Ponti, De Sica, Mastroianni
Interrogée sur les réalisateurs, elle répond que Vittorio de Sica a été pour elle comme le père qu'elle n'avait pas eu. Qu'elle ne parvenait pas à croire que le grand Charlie Chaplin voulait d'elle pour un film (La comtesse de Hong-Kong). Quand elle l'a rencontré, la jeune actrice était impressionnée au point de devoir s'asseoir tant ses jambes tremblaient alors sous elle. Elle a rappelé le souvenir de Carlo Ponti, ce producteur de 22 ans son aîné qui fut son mari pendant plus trente ans mais qui fut surtout son grand amour : "Je l'aimais, et il m'aimait". C'est souvent dans les mots les plus simples que se tient la vérité des sentiments. Ce sont en tout cas ceux que Sophia Loren avait choisi pour parler d'elle, de sa carrière et de sa vie au public du Festival Lumière.
Humour et vivacité
Si Carlo Ponti fut l'homme de la vie de Sophia Loren, un autre italien fut son principal compagnon à l'écran. "Quand Marcello Mastroianni est mort, dit-elle avec émotion, j'ai perdu un peu de moi". Et elle évoque, les yeux tournés vers son passé ce partenaire de quinze films qui a tant compté. "Mais le soir il rentrait chez lui, je rentrais chez moi, on avait chacun sa vie" précise-t-elle, croyant discerner dans les questions de Thierry Frémaux des allusions grivoises qui n'y étaient probablement pas. Le public a maintes fois ri aux éclats lors de cette rencontre exceptionnelle. Quand par exemple, était posée à Sophia Loren la question suivante : "Avec Carlo Ponti, alliez vous au cinéma, assistiez-vous aux premières ?", réponse immédiate de l'actrice : "J'allais à mes premières!", Eclat de rire dans la salle suivi de ces quelques mots de Sophia Loren avec un sourire complice: "J'ai honte, Monsieur!"...

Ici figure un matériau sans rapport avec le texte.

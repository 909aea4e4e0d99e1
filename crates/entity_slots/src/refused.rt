//! Why a call is refused.

ghost use Rattle.std.specs.Prelude.{◌≡◌};
ghost use Rattle.entity_slots.specs.declared.refused.CreateRefused.TheVariants as refused;

use entity_id::OutOfMemory;

/// Why no identifier was made.
#[derive(Clone, Copy, Debug, PartialEq, Eq)]
pub enum CreateRefused {
    /// No index is free, and the slots are as many as may be.
    Full,
    /// Memory ran out.
    OutOfMemory,
}

impl From<OutOfMemory> for CreateRefused {
    ghost from_gives = { λ _ e. e ≡ refused.OutOfMemory };

    fn from(_e: OutOfMemory) -> CreateRefused {
        CreateRefused::OutOfMemory
    }
}

impl From<Full> for CreateRefused {
    ghost from_gives = { λ _ e. e ≡ refused.Full };

    fn from(_e: Full) -> CreateRefused {
        CreateRefused::Full
    }
}

/// No index is free, and the slots are as many as may be.
#[derive(Clone, Copy, Debug, PartialEq, Eq)]
pub struct Full;

/// The identifier is not live: its index is free, has another version, or was never given out.
#[derive(Clone, Copy, Debug, PartialEq, Eq)]
pub struct Dead;
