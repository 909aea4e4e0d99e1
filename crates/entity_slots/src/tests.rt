//! The order in which indices and versions are given out.

ghost use Rattle.std.specs.Prelude.{◌≡◌};

use super::*;
use entity_id::{Entity, P20_12};
use world_model::Slot;

fn entity(index: u32, version: u32) -> Entity {
    Entity { index, version }
}

fn slot(version: u32, live: bool) -> Slot
    ensures { result ≡ record { version = version; live = live } }
{
    Slot { version, live }
}

#[test]
fn versions_begin_again_after_4094(rt: HostRuntime) {
    let mut slots = EntitySlots::new(rt.alloc(), P20_12, 1);
    for version in 0..4_095 {
        assert_eq!(rt; slots.create(), Ok(entity(0, version)));
        assert_eq!(rt; slots.destroy(entity(0, version)), Ok(()));
    }
    assert_eq!(rt; slots.create(), Ok(entity(0, 0)));
}

#[test]
fn the_index_released_last_is_reused_first(rt: HostRuntime) {
    let mut slots = EntitySlots::new(rt.alloc(), P20_12, 9);
    for index in 0..4 {
        assert_eq!(rt; slots.create(), Ok(entity(index, 0)));
    }
    for index in [1, 3, 2] {
        assert_eq!(rt; slots.destroy(entity(index, 0)), Ok(()));
    }
    assert_eq!(rt; slots.alive(), 1);
    assert_eq!(rt; slots.free_at(0), Some(2));
    assert_eq!(rt; slots.free_at(2), Some(1));
    assert_eq!(rt; slots.free_at(3), None);
    for index in [2, 3, 1] {
        assert_eq!(rt; slots.create(), Ok(entity(index, 1)));
    }
    assert_eq!(rt; slots.len(), 4);
    assert!(rt; slots.valid(entity(1, 1)));
    assert!(rt; !slots.valid(entity(1, 0)));
    assert_eq!(rt; slots.destroy(entity(1, 0)), Err(Dead));
}

#[test]
fn a_create_past_the_limit_is_refused(rt: HostRuntime) {
    let mut slots = EntitySlots::new(rt.alloc(), P20_12, 2);
    assert_eq!(rt; slots.create(), Ok(entity(0, 0)));
    assert_eq!(rt; slots.create(), Ok(entity(1, 0)));
    assert_eq!(rt; slots.create(), Err(CreateRefused::Full));
    assert_eq!(rt; slots.destroy(entity(0, 0)), Ok(()));
    assert_eq!(rt; slots.create(), Ok(entity(0, 1)));
}

#[test]
fn loaded_slots_go_on_where_they_stood(rt: HostRuntime) {
    let list = [slot(7, false), slot(3, true), slot(4_094, false)];
    let loaded = EntitySlots::load(rt.alloc(), P20_12, 4, &list, &[2, 0]);
    let mut slots = loaded.expect(&rt, "memory");
    assert_eq!(rt; slots.slot(0), slot(7, false));
    assert_eq!(rt; slots.alive(), 1);
    for made in [entity(2, 4_094), entity(0, 7), entity(3, 0)] {
        assert_eq!(rt; slots.create(), Ok(made));
    }
    assert_eq!(rt; slots.create(), Err(CreateRefused::Full));
    assert_eq!(rt; slots.destroy(entity(2, 4_094)), Ok(()));
    assert_eq!(rt; slots.create(), Ok(entity(2, 0)));
}

#[test]
fn hints_are_given_where_they_are_free_and_fit(rt: HostRuntime) {
    let mut slots = EntitySlots::new(rt.alloc(), P20_12, 1_048_575);
    for (hint, made) in [
        (entity(4, 7), entity(4, 7)),
        (entity(4, 0), entity(3, 0)),
        (entity(1, 5), entity(1, 5)),
        (entity(1_048_575, 4_095), entity(2, 0)),
        (entity(9, 4_095), entity(0, 0)),
    ] {
        assert_eq!(rt; slots.create_hint(hint), Ok(made));
    }
    assert_eq!(rt; slots.create(), Ok(entity(5, 0)));
    assert_eq!(rt; slots.len(), 6);
    for (index, version) in [(0, 0), (1, 5), (2, 0), (3, 0), (4, 7), (5, 0)] {
        assert!(rt; slots.valid(entity(index, version)), "{index}");
    }
}

#[test]
fn a_hint_in_the_middle_of_the_free_list_leaves_the_rest(rt: HostRuntime) {
    let mut slots = EntitySlots::new(rt.alloc(), P20_12, 9);
    for index in 0..4 {
        assert_eq!(rt; slots.create(), Ok(entity(index, 0)));
    }
    for index in [1, 3, 2] {
        assert_eq!(rt; slots.destroy(entity(index, 0)), Ok(()));
    }
    assert_eq!(rt; slots.create_hint(entity(3, 7)), Ok(entity(3, 7)));
    let free = slots.free_list().expect(&rt, "memory");
    assert_eq!(rt; free.as_slice(), [2, 1].as_slice());
    assert_eq!(rt; slots.alive(), 2);
}

#[test]
fn a_reserved_creation_is_refused_only_at_the_limit(rt: HostRuntime) {
    let mut slots = EntitySlots::new(rt.alloc(), P20_12, 2);
    slots.reserve(1).expect(&rt, "memory");
    assert_eq!(rt; slots.create_reserved(), Ok(entity(0, 0)));
    let mut none = EntitySlots::new(rt.alloc(), P20_12, 0);
    assert_eq!(rt; none.create_reserved(), Err(Full));
    assert_eq!(rt; none.create_hint(entity(0, 0)), Err(CreateRefused::Full));
}
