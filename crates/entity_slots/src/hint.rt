//! Whether a hint is taken, and what it does past the last slot.

ghost use Rattle.std.specs.Prelude.{◌≡◌, ◌+◌, ◌-◌, ◌<◌, ◌≤◌, [], ◌∷◌, ◌++◌, length, replicate, reverse, IsOk, IfOk, OnOk, OnErr};
ghost use Rattle.std.specs.List.{range_with_len};
ghost use Rattle.world_model.specs.Slots.{free_slot, is_plain_hint, live_slot};
ghost use Rattle.entity_slots.specs.Threads.{Threaded};

use crate::identifiers::Identifiers;
use entity_id::{Entity, OutOfMemory, Profile};

// Whether a hint makes a plain creation.
pub(super) fn is_plain_hint(
    profile: Profile,
    limit: u32,
    identifiers: &Identifiers,
    hint: Entity,
) -> bool
    ensures { result ≡ is_plain_hint profile limit identifiers.now.slots hint }
{
    hint.index >= limit
        || hint.version >= profile.version_limit
        || identifiers.is_live_at(hint.index)
}

// Gives out a hint past the end, and answers how many slots that made: those before it are free, in
// ascending order, so that the greatest index is reused first.
pub(super) fn append_past(identifiers: &mut Identifiers, hint: Entity) -> Result<u32, OutOfMemory>
    requires past { length identifiers.old.slots ≤ hint.index }
    requires addressable { hint.index < identifiers.old.null }
    ensures made { IfOk result (λ made. length identifiers.old.slots + made ≡ hint.index + 1) }
    ensures slots { OnOk result (identifiers.new.slots ≡ identifiers.old.slots
        ++ replicate (hint.index - length identifiers.old.slots) (free_slot 0)
        ++ live_slot hint.version ∷ []) }
    ensures free { OnOk result (identifiers.new.free ≡
        reverse (range_with_len (length identifiers.old.slots)
        (hint.index - length identifiers.old.slots)) ++ identifiers.old.free) }
    ensures slots_err { OnErr result (identifiers.new.slots ≡ identifiers.old.slots) }
    ensures free_err { OnErr result (identifiers.new.free ≡ identifiers.old.free) }
    ensures ready { hint.index + 1 ≤ identifiers.old.room → IsOk result }
    ensures null { identifiers.new.null ≡ identifiers.old.null }
    ensures kept { identifiers.old.room ≤ identifiers.new.room }
    ensures fit { OnOk result (hint.index + 1 ≤ identifiers.new.room) }
{
    let first = identifiers.len();
    let made = hint.index - first + 1;
    identifiers.reserve(made as usize)?;
    for _index in first..hint.index {
        identifiers.append_free();
    }
    let _ = identifiers.append(hint.version);
    Ok(made)
}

La Ciociara, drame de la fin de la guerre en Italie
Le public lyonnais a eu l'exceptionnel privilège d'approcher une des dernières véritables stars du cinéma mondial. C'est l'un des grands atouts de ce festival Lumière. Sans compétition, il rapporche réalisateurs, acteurs et public dans un même amour du 7e art. Sophia Loren est repartie en remerciant une nouvelle fois et sous une nouvelle ovation. Le spectateur l'a retrouvée quelques instant plus tard mais 54 années plus tôt, en 1961 dans "La Ciociara" de Vittorio de Sica. Le film était présenté dans un somptueux noir et blanc auquel ne rend pas hommage l'extrait en version originale non sous-titré que voici. On y retrouvait une autre grande personnalité invitée de ce 7e festival Lumière : Jean-Paul Belmondo.
Curiosité
"La Ciociara" est, avec "Une Journée Particulière" et le premier film qu'elle a tourné à 17 ans l'un des trois films préférés de Sophia Loren. Il faut noter une bizarrerie. Elle a tourné en 1988 un remake en couleurs de La Ciociara pour la télévision italienne. Elle avait alors l'âge du personnage dans le roman d'Alberto Moravia dont est tiré le film. Cette version qui reprend presque scène pour scène le film de Vittorio de Sica n'apparaît quasiment jamais dans la filmographie de l'actrice.